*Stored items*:

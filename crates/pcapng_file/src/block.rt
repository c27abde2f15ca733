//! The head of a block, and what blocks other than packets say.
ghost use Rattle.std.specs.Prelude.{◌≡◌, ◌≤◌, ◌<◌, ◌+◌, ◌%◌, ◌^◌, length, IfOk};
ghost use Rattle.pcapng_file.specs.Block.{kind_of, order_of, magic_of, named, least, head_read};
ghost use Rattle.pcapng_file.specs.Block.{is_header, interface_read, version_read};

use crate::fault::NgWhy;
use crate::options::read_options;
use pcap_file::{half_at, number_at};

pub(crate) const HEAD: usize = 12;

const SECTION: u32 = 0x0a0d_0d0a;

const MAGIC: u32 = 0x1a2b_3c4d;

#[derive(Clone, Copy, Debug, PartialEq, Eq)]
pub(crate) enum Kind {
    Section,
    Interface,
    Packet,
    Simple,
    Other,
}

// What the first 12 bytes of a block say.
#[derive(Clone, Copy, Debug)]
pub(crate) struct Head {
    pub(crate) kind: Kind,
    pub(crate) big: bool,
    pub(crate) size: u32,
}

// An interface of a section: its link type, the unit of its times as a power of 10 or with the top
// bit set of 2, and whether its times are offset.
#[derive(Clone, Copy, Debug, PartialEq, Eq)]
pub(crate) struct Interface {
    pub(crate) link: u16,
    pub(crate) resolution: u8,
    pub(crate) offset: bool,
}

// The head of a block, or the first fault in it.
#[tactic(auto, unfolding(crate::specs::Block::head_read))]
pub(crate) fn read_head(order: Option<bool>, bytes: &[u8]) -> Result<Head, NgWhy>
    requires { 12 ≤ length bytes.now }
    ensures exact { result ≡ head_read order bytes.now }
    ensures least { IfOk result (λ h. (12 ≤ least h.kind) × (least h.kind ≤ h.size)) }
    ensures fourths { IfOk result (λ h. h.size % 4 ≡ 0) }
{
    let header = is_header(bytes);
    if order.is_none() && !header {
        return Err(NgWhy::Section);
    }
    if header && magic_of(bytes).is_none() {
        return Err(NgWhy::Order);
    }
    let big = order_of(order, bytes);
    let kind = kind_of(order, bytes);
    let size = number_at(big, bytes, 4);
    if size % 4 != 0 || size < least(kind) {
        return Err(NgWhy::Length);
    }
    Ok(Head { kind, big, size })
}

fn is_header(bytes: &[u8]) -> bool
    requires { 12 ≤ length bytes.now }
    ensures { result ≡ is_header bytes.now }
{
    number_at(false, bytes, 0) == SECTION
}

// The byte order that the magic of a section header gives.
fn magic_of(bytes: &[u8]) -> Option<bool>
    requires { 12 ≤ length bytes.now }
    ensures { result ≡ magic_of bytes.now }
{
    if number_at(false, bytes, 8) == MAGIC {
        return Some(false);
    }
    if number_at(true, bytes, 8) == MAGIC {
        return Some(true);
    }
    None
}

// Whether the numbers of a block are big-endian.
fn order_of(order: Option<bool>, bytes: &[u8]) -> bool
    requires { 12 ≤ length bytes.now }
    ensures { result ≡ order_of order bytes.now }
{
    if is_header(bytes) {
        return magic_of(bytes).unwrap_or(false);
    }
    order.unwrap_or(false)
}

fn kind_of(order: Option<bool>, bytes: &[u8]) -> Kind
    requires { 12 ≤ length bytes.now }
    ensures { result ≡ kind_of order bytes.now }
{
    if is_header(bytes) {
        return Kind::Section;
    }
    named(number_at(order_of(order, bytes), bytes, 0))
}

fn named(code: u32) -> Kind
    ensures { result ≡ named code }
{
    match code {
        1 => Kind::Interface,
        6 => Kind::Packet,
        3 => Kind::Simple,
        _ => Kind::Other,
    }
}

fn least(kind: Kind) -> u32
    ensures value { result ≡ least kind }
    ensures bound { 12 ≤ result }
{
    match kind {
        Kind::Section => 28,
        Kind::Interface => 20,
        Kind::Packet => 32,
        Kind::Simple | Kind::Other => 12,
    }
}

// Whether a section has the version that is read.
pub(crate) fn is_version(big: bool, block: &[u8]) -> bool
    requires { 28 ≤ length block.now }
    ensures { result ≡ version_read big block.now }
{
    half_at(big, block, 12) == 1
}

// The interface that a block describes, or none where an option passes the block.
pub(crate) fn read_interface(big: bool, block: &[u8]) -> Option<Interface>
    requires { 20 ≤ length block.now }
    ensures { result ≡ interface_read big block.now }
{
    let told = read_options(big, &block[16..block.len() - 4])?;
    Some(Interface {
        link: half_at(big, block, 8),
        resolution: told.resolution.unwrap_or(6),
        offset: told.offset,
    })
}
* * *
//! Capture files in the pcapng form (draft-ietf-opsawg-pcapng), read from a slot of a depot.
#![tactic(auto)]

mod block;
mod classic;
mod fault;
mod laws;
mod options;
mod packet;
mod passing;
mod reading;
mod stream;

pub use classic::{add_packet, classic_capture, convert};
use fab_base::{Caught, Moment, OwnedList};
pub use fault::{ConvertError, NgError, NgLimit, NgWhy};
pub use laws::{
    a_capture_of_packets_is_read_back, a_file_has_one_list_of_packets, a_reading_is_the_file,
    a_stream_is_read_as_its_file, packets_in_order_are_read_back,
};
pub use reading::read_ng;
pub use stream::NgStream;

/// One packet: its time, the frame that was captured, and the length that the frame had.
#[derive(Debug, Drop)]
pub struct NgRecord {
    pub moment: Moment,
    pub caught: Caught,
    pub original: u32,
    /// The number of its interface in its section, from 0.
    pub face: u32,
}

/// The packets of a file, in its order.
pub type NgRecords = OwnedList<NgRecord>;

*What the exercise asks*: From the records above, print exactly the lines that run from the line with "#[derive(Clone, Copy, Debug)]" to the line with "with the top", inclusive.

*Solution to the problem*:
#[derive(Clone, Copy, Debug)]
pub(crate) struct Head {
    pub(crate) kind: Kind,
    pub(crate) big: bool,
    pub(crate) size: u32,
}

// An interface of a section: its link type, the unit of its times as a power of 10 or with the top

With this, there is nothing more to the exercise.